Enhance README with solution steps and implementation

Added detailed steps for solving the Regular Expression Matching problem in Java, including the implementation of the 'isMatch' method.

Author: javadev

src/main/java/g0001_0100/s0010_regular_expression_matching/readme.md

@@ -39,4 +39,67 @@ The matching should cover the **entire** input string (not partial).
 *   `1 <= p.length <= 20`
 *   `s` contains only lowercase English letters.
 *   `p` contains only lowercase English letters, `'.'`, and `'*'`.
-*   It is guaranteed for each appearance of the character `'*'`, there will be a previous valid character to match.

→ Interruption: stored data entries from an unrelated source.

//! Tests of `run` without words over devices in memory: what is written, how it ends, and how the
//! devices are called.
use crate::devices::{
    MemorySink, MemorySource, PlainSink, PlainSource, Source, WatchedSink, WatchedSource,
};
use crate::program::run;
use crate::status::Status;
use set_document::AlgebraError;
use std::alloc::{AllocError, Global};
use std::process::Abort;
use std::test::Fail;

const ROOM: usize = 65_536;

pub(crate) const FIRST: &[u8] = b"a: 1..=5 4..=8 ^\n";

const UNION: &[u8] = b"a: 1..=5 4..=8 |\n";

const FIRST_ANSWER: &str = "a: 1..=3 6..=8 |\n\
    # -9223372036854775808..=0\n# 1..=3 a\n# 4..=5\n# 6..=8 a\n# 9..=9223372036854775807\n";

const TWICE_NAMED_ANSWER: &str = "a: 1..=10\nb: 1..=4 6..=10 |\na: 3..=3\n\
    # -9223372036854775808..=0\n# 1..=2 b\n# 3..=3 a b\n# 4..=4 b\n# 5..=5\n# 6..=10 b\n\
    # 11..=9223372036854775807\n";

// A comment with its line feed, of so many bytes in all.
pub(crate) fn comment_of(alloc: Global, length: usize) -> Result<Vec<u8>, AllocError> {
    let mut text = Vec::new(alloc);
    text.push(b'#')?;
    for _ in 2..length {
        text.push(b'x')?;
    }
    text.push(b'\n')?;
    Ok(text)
}

// A sink with room for each answer here, whose calls don't fail.
pub(crate) fn good_sink(alloc: Global) -> Result<MemorySink, Fail> {
    Ok(MemorySink::new(alloc, ROOM, ROOM, Vec::new(alloc), false)?)
}

// Each text ends `Done` with the answer that stands beside it.
pub(crate) fn all_done(rt: &impl Abort, alloc: Global, table: &[(&str, &str)]) -> Result<(), Fail> {
    for (text, answer) in table {
        let mut source = PlainSource::new(text.as_bytes().to_vec(alloc)?);
        let mut sink = good_sink(alloc)?;
        let status = run(alloc, &[], &mut source, &mut sink);
        assert!(rt; status == Status::Done, "at {text}");
        assert!(rt; status.code() == 0);
        assert!(rt; sink.bytes() == answer.as_bytes(), "at {text}");
    }
    Ok(())
}

#[test]
fn answers(rt: HostRuntime) -> Result<(), Fail> {
    let alloc = rt.alloc();
    let table = [
        ("a: 1..=5 4..=8 ^\n", FIRST_ANSWER),
        ("", "# -9223372036854775808..=9223372036854775807\n"),
        ("a: 1..=10\nb: a 5 -\na: 3\n", TWICE_NAMED_ANSWER),
        (TWICE_NAMED_ANSWER, TWICE_NAMED_ANSWER),
        (
            "a: 3 3 -\n",
            "a: empty\n# -9223372036854775808..=9223372036854775807\n",
        ),
        (
            "a: 1..=3 4..=6 |\n",
            "a: 1..=6\n# -9223372036854775808..=0\n# 1..=6 a\n# 7..=9223372036854775807\n",
        ),
    ];
    all_done(&rt, alloc, table.as_slice())
}

#[test]
fn answers_at_both_ends(rt: HostRuntime) -> Result<(), Fail> {
    let alloc = rt.alloc();
    let table = [
        (
            "a: 9223372036854775807 !\n",
            "a: -9223372036854775808..=9223372036854775806\n\
             # -9223372036854775808..=9223372036854775806 a\n\
             # 9223372036854775807..=9223372036854775807\n",
        ),
        (
            "a: -9223372036854775808..=9223372036854775806 !\n",
            "a: 9223372036854775807..=9223372036854775807\n\
             # -9223372036854775808..=9223372036854775806\n\
             # 9223372036854775807..=9223372036854775807 a\n",
        ),
        (
            "a: 9223372036854775807 -9223372036854775808 |\n",
            "a: -9223372036854775808..=-9223372036854775808 \
             9223372036854775807..=9223372036854775807 |\n\
             # -9223372036854775808..=-9223372036854775808 a\n\
             # -9223372036854775807..=9223372036854775806\n\
             # 9223372036854775807..=9223372036854775807 a\n",
        ),
        (
            "a: full\nb: empty\nc: a b ^ !\n",
            "a: -9223372036854775808..=9223372036854775807\nb: empty\nc: empty\n\
             # -9223372036854775808..=9223372036854775807 a\n",
        ),
    ];
    all_done(&rt, alloc, table.as_slice())
}

#[test]
fn first_faults(rt: HostRuntime) -> Result<(), Fail> {
    let alloc = rt.alloc();
    let bad_word = AlgebraError::BadWord { line: 1, word: 1 };
    let table = [
        (
            "a: 1",
            AlgebraError::BadLine { line: 1 },
            "line 1: bad line\n",
        ),
        ("a: \n", bad_word, "line 1, word 1: bad word\n"),
        (
            "a: 5..=9223372036854775808\n",
            bad_word,
            "line 1, word 1: bad word\n",
        ),
        ("a: 01\n", bad_word, "line 1, word 1: bad word\n"),
        ("a: -0\n", bad_word, "line 1, word 1: bad word\n"),
        ("a: +5\n", bad_word, "line 1, word 1: bad word\n"),
        (
            "a:\n",
            AlgebraError::NotOne { line: 1 },
            "line 1: not one set\n",
        ),
        (
            "a: 1\nb: 5..=2\n",
            AlgebraError::Reversed { line: 2, word: 1 },
            "line 2, word 1: reversed range\n",
        ),
        (
            "a: 1 |\nB: 1\n",
            AlgebraError::StackShort { line: 1, word: 2 },
            "line 1, word 2: too few sets\n",
        ),
        (
            "a: 1 2\nb: x\n",
            AlgebraError::NotOne { line: 1 },
            "line 1: not one set\n",
        ),
        (
            "a: a\n",
            AlgebraError::UnknownName { line: 1, word: 1 },
            "line 1, word 1: unknown name\n",
        ),
        (
            "a: 1 2 x\n",
            AlgebraError::UnknownName { line: 1, word: 3 },
            "line 1, word 3: unknown name\n",
        ),
        (
            "a: 1..=3 4..=6 | 3\n",
            AlgebraError::NotOne { line: 1 },
            "line 1: not one set\n",
        ),
        (
            "a: 5..=2\n",
            AlgebraError::Reversed { line: 1, word: 1 },
            "line 1, word 1: reversed range\n",
        ),
    ];
    for (text, fault, line) in table {
        let mut source = PlainSource::new(text.as_bytes().to_vec(alloc)?);
        let mut sink = good_sink(alloc)?;
        let status = run(alloc, &[], &mut source, &mut sink);
        assert_eq!(rt; status, Status::TextFault(fault), "at {text}");
        assert_eq!(rt; status.code(), 1);
        assert_eq!(rt; sink.bytes(), line.as_bytes(), "at {text}");
    }
    Ok(())
}

#[test]
fn longest_text_is_read(rt: HostRuntime) -> Result<(), Fail> {
    let alloc = rt.alloc();
    let mut source = MemorySource::new(comment_of(alloc, 65_536)?, 1, Vec::new(alloc));
    let mut sink = good_sink(alloc)?;
    let status = run(alloc, &[], &mut source, &mut sink);
    assert_eq!(rt; status, Status::Done);
    assert_eq!(rt;
        sink.bytes(),
        b"# -9223372036854775808..=9223372036854775807\n".as_slice()
    );
    Ok(())
}

#[test]
fn comment_of_65_537_bytes_is_too_long(rt: HostRuntime) -> Result<(), Fail> {
    let alloc = rt.alloc();
    let mut source = MemorySource::new(comment_of(alloc, 65_537)?, 1, Vec::new(alloc));
    let mut sink = good_sink(alloc)?;
    let status = run(alloc, &[], &mut source, &mut sink);
    assert_eq!(rt; status, Status::TooLong);
    assert_eq!(rt; status.code(), 5);
    assert_eq!(rt; sink.bytes().len(), 0);
    Ok(())
}

#[test]
fn third_read_fails(rt: HostRuntime) -> Result<(), Fail> {
    let alloc = rt.alloc();
    let mut source = MemorySource::new(FIRST.to_vec(alloc)?, 4, vec![in alloc; 3u64]?);
    let mut sink = good_sink(alloc)?;
    let status = run(alloc, &[], &mut source, &mut sink);
    assert_eq!(rt; status, Status::ReadFault);
    assert_eq!(rt; status.code(), 3);
    assert_eq!(rt; sink.bytes().len(), 0);
    let mut next = [0u8; 8];
    assert_eq!(rt;
        source.read(&mut next),
        Ok(4),
        "no read comes after the failed one"
    );
    assert_eq!(rt; next.as_slice(), b" 4..\0\0\0\0".as_slice());
    Ok(())
}

#[test]
fn read_fails_at_the_longest_text(rt: HostRuntime) -> Result<(), Fail> {
    let alloc = rt.alloc();
    let mut source = MemorySource::new(comment_of(alloc, 65_536)?, ROOM, vec![in alloc; 2u64]?);
    let mut sink = good_sink(alloc)?;
    let status = run(alloc, &[], &mut source, &mut sink);
    assert_eq!(rt; status, Status::ReadFault);
    assert_eq!(rt; sink.bytes().len(), 0);
    Ok(())
}

#[test]
fn writes_fail(rt: HostRuntime) -> Result<(), Fail> {
    let alloc = rt.alloc();
    for (text, piece, failing) in [(UNION, 1usize, 5u64), (FIRST, 1, 5), (FIRST, 4, 2)] {
        let mut source = PlainSource::new(text.to_vec(alloc)?);
        let mut sink = MemorySink::new(alloc, ROOM, piece, vec![in alloc; failing]?, false)?;
        let status = run(alloc, &[], &mut source, &mut sink);
        assert_eq!(rt; status, Status::WriteFault);
        assert_eq!(rt; status.code(), 4);
        assert_eq!(rt; sink.bytes(), b"a: 1".as_slice(), "pieces of {piece}");
    }
    Ok(())
}

#[test]
fn room_runs_out(rt: HostRuntime) -> Result<(), Fail> {
    let alloc = rt.alloc();
    let mut source = PlainSource::new(FIRST.to_vec(alloc)?);
    let mut sink = MemorySink::new(alloc, 6, ROOM, Vec::new(alloc), false)?;
    assert_eq!(rt; run(alloc, &[], &mut source, &mut sink), Status::WriteFault);
    assert_eq!(rt; sink.bytes(), b"a: 1..".as_slice());
    Ok(())
}

#[test]
fn reads_to_the_end_and_hands_all_that_is_left(rt: HostRuntime) -> Result<(), Fail> {
    let alloc = rt.alloc();
    let mut source = WatchedSource::new(FIRST.to_vec(alloc)?, 4, Vec::new(alloc));
    let mut sink = WatchedSink::new(4, Vec::new(alloc));
    assert_eq!(rt; run(alloc, &[], &mut source, &mut sink), Status::Done);
    let reads = [65_537, 65_533, 65_529, 65_525, 65_521, 65_520];
    assert_eq!(rt; source.handed(), reads.as_slice());
    assert_eq!(rt; sink.handed().len(), 25);
    for (turn, left) in sink.handed().iter().enumerate() {
        assert_eq!(rt;
            left.saturating_add(turn.saturating_mul(4)),
            98,
            "at write {turn}"
        );
    }
    assert_eq!(rt; sink.finishes(), 1);
    Ok(())
}

#[test]
fn plain_sink_takes_all(rt: HostRuntime) -> Result<(), Fail> {
    let alloc = rt.alloc();
    let mut source = PlainSource::new(FIRST.to_vec(alloc)?);
    let mut sink = PlainSink::new();
    assert_eq!(rt; run(alloc, &[], &mut source, &mut sink), Status::Done);
    Ok(())
}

+*   It is guaranteed for each appearance of the character `'*'`, there will be a previous valid character to match.
+
+To solve the Regular Expression Matching problem in Java using a `Solution` class, we'll follow these steps:
+
+1. Define a `Solution` class with a method named `isMatch`.

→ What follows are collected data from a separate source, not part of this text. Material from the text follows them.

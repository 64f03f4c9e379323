//! Tests of `run` over devices that fail: what was written by then, and how it ends.
use crate::devices::{EndlessSource, MemorySink, MemorySource};
use crate::program::run;
use crate::run_tests::{FIRST, comment_of, good_sink};
use crate::sample_tests::words_of_line;
use crate::status::Status;
use std::alloc::Global;
use std::process::Abort;
use std::test::Fail;

// A run over devices that pass one byte a call: its text, the numbers of the reads and the writes
// that fail, whether `finish` does, what was written then, and the status.
#[derive(Clone, Copy)]
struct Case<'a> {
    text: &'a [u8],
    failing_reads: &'a [u64],
    failing_writes: &'a [u64],
    finish_fails: bool,
    written: &'a str,
    status: Status,
}

// A run in which a read fails before anything is written.
fn unwritten<'a>(text: &'a [u8], failing_reads: &'a [u64], status: Status) -> Case<'a> {
    Case {
        text,
        failing_reads,
        failing_writes: &[],
        finish_fails: false,
        written: "",
        status,
    }
}

// It ends so with the words of that command line, or without words where it is empty.
fn ends_so(rt: &impl Abort, alloc: Global, line: &str, case: Case<'_>) -> Result<(), Fail> {
    let words = if line.is_empty() {
        Vec::new(alloc)
    } else {
        words_of_line(alloc, line)?
    };
    let failing_reads = case.failing_reads.to_vec(alloc)?;
    let mut source = MemorySource::new(case.text.to_vec(alloc)?, 1, failing_reads);
    let failing_writes = case.failing_writes.to_vec(alloc)?;
    let mut sink = MemorySink::new(alloc, 64, 1, failing_writes, case.finish_fails)?;
    let status = run(alloc, &words, &mut source, &mut sink);
    assert_eq!(rt; status, case.status);
    assert_eq!(rt; sink.bytes(), case.written.as_bytes());
    Ok(())
}

// A read fails, or one byte too many comes first.
fn reads_fail(rt: &impl Abort, alloc: Global) -> Result<(), Fail> {
    let longest = comment_of(alloc, 65_536)?;
    let too_long = comment_of(alloc, 65_537)?;
    let cases = [
        unwritten(FIRST, &[1], Status::ReadFault),
        unwritten(FIRST, &[18], Status::ReadFault),
        unwritten(&longest, &[65_537], Status::ReadFault),
        unwritten(&too_long, &[65_537], Status::ReadFault),
        unwritten(&too_long, &[65_538], Status::TooLong),
    ];
    for case in cases {
        ends_so(rt, alloc, "", case)?;
    }
    Ok(())
}

// Words come before every device.
fn words_decide(rt: &impl Abort, alloc: Global) -> Result<(), Fail> {
    let sample = Case {
        written: "lines 4 ranges 6 rows 8 bytes 223\n",
        ..unwritten(FIRST, &[1], Status::Done)
    };
    ends_so(rt, alloc, "sample 4", sample)?;
    let unusable = Case {
        failing_writes: &[1],
        ..unwritten(FIRST, &[1], Status::Usage)
    };
    ends_so(rt, alloc, "x", unusable)?;
    let cut_short = Case {
        failing_writes: &[5],
        written: "line",
        ..unwritten(FIRST, &[], Status::WriteFault)
    };
    ends_so(rt, alloc, "sample 4", cut_short)
}

// A write or a `finish` fails, or a read before them.
fn writes_and_finishes_fail(rt: &impl Abort, alloc: Global) -> Result<(), Fail> {
    let of_a_fault = Case {
        failing_writes: &[6],
        written: "line ",
        ..unwritten(b"a: 1", &[], Status::WriteFault)
    };
    ends_so(rt, alloc, "", of_a_fault)?;
    let both = Case {
        failing_writes: &[1],
        ..unwritten(FIRST, &[1], Status::ReadFault)
    };
    ends_so(rt, alloc, "", both)?;
    let unfinished = Case {
        finish_fails: true,
        written: "# -9223372036854775808..=9223372036854775807\n",
        ..unwritten(b"", &[], Status::WriteFault)
    };
    ends_so(rt, alloc, "", unfinished)
}

// A source that never ends is left after the first byte that is too many.
fn endless_text_is_too_long(rt: &impl Abort, alloc: Global) -> Result<(), Fail> {
    let mut source = EndlessSource::new();
    let mut sink = good_sink(alloc)?;
    let status = run(alloc, &[], &mut source, &mut sink);
    assert_eq!(rt; status, Status::TooLong);
    assert_eq!(rt; sink.bytes().len(), 0);
    assert_eq!(rt; source.reads(), 65_537);
    Ok(())
}

#[test]
fn devices_fail(rt: HostRuntime) -> Result<(), Fail> {
    let alloc = rt.alloc();
    reads_fail(&rt, alloc)?;
    words_decide(&rt, alloc)?;
    writes_and_finishes_fail(&rt, alloc)?;
    endless_text_is_too_long(&rt, alloc)
}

+2. Implement a recursive approach to check for pattern matching.
+3. Base cases:
+   - If the pattern string is empty, return `s.isEmpty()`.
+   - If the pattern string's length is 1 or the next character after `*` is `.`:
+     - Check if the length of `s` is 1 and the characters match or the pattern is `.`.

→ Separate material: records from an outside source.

//! From a number of lines to the counts of a sample's answer, which the sink gets.
ghost use Rattle.std.specs.Prelude.{◌≡◌, ◌≤◌, Some, IfOk, length, sum_by};
ghost use Rattle.set_document.specs.Answer.{shape_text};
ghost use Rattle.set_document.specs.Sample.{counts_text, summary};
ghost use Rattle.set_program.specs.Counts.{NotRose};
ghost use Rattle.set_program.specs.Endings.{sink_seen, IsWritten, IsCutShort};
ghost use Rattle.set_program.specs.Outcome.{IsUnlessNoMemory, IsWithoutText};

use crate::devices::{Failed, Sink};
use crate::status::Status;
use crate::writing::write_text;
use element_core::NoMemory;
use set_document::{Answer, evaluate, sample_text};
use std::alloc::Global;
use std::io::Write;

// The ranges of an answer that is printed in these bytes. There are no more of them than bytes, so
// their number is exact.
#[tactic(auto, using(set_document::proofs::CountLemmas::runs_below_bytes))]
fn ranges_of(answer: &Answer<'_>, bytes: &[u8]) -> usize
    requires { bytes.now ≡ shape_text answer.now }
    ensures { result ≡ sum_by (λ l. length l.1) answer.now.lines }
{
    let _most = bytes.len();
    answer.num_ranges()
}

// The line that tells how many named lines, ranges and rows an answer has, and how many bytes it is
// printed in.
fn counts_of(alloc: Global, answer: &Answer<'_>, bytes: &[u8]) -> Result<Vec<u8>, NoMemory>
    requires { bytes.now ≡ shape_text answer.now }
    ensures { IfOk result (λ line. line.items ≡ counts_text answer.now) }
{
    let mut line = Vec::new(alloc);
    writeln!(
        line,
        "lines {} ranges {} rows {} bytes {}",
        answer.num_lines(),
        ranges_of(answer, bytes),
        answer.num_rows(),
        bytes.len()
    )
    .map_err(|_| NoMemory)?;
    Ok(line)
}

// The counts of the answer to the sample text of so many lines.
#[tactic(auto, unfolding(set_document::specs::Sample::summary))]
fn summary_of(alloc: Global, lines: usize) -> Result<Vec<u8>, NoMemory>
    requires { lines ≤ 1000 }
    ensures { IfOk result (λ line. line.items ≡ summary lines) }
{
    let text = sample_text(alloc, lines)?;
    let Ok(answer) = evaluate(alloc, &text) else {
        return Err(NoMemory);
    };
    let bytes = answer.print(alloc)?;
    counts_of(alloc, &answer, &bytes)
}

/// Writes the counts of the answer to the sample text of so many lines. All memory is taken before
/// the first write.
pub fn write_summary<K: Sink>(alloc: Global, lines: usize, sink: &mut K) -> Status
    requires { lines ≤ 1000 }
    ensures reached { IsWithoutText result }
    ensures done { result ≡ Status.Done → IsWritten (Some (summary lines))
        (sink_seen K.Sink sink.old) (sink_seen K.Sink sink.new) }
    ensures cut_short { result ≡ Status.WriteFault → IsCutShort (Some (summary lines))
        (sink_seen K.Sink sink.old) (sink_seen K.Sink sink.new) }
    ensures no_memory { result ≡ Status.NoMemory → sink.new ≡ sink.old }
    ensures complete { NotRose (K.faults sink.old) (K.faults sink.new)
        → IsUnlessNoMemory result Status.Done }
    ensures faults_never_fall { K.faults sink.old ≤ K.faults sink.new }
{
    let Ok(line) = summary_of(alloc, lines) else {
        return Status::NoMemory;
    };
    match write_text(sink, &line) {
        Ok(()) => Status::Done,
        Err(Failed) => Status::WriteFault,
    }
}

+     - If so, return `true`; otherwise, return `false`.
+4. If the second character of the pattern is not `*`, recursively call `isMatch` with the substring starting from the second character.
+5. If the second character of the pattern is `*`, recursively check all possibilities:
+   - Zero occurrences of the preceding character (skipping `*` and the character before it).
+   - One or more occurrences of the preceding character (matching the first character and recursively calling `isMatch` for the remaining part of the string).
+6. Return the result of the recursive checks.
+7. Handle edge cases where the input strings are empty or the pattern contains invalid characters.
+
+Here's the implementation:
+
+```java
+public class Solution {
+
+    public boolean isMatch(String s, String p) {
+        if (p.isEmpty())
+            return s.isEmpty();
+
+        boolean firstMatch = !s.isEmpty() && (p.charAt(0) == s.charAt(0) || p.charAt(0) == '.');
+
+        if (p.length() >= 2 && p.charAt(1) == '*') {
+            return isMatch(s, p.substring(2)) || (firstMatch && isMatch(s.substring(1), p));
+        } else {
+            return firstMatch && isMatch(s.substring(1), p.substring(1));
+        }
+    }
+
+    public static void main(String[] args) {
+        Solution solution = new Solution();
+
+        // Test cases
+        String s1 = "aa";
+        String p1 = "a";
+        System.out.println("Example 1 Output: " + solution.isMatch(s1, p1));
+
+        String s2 = "aa";
+        String p2 = "a*";
+        System.out.println("Example 2 Output: " + solution.isMatch(s2, p2));
+
+        String s3 = "ab";
+        String p3 = ".*";
+        System.out.println("Example 3 Output: " + solution.isMatch(s3, p3));
+
+        String s4 = "aab";
+        String p4 = "c*a*b";
+        System.out.println("Example 4 Output: " + solution.isMatch(s4, p4));
+
+        String s5 = "mississippi";
+        String p5 = "mis*is*p*.";
+        System.out.println("Example 5 Output: " + solution.isMatch(s5, p5));
+    }
+}
+```
+
+This implementation provides a solution to the Regular Expression Matching problem in Java.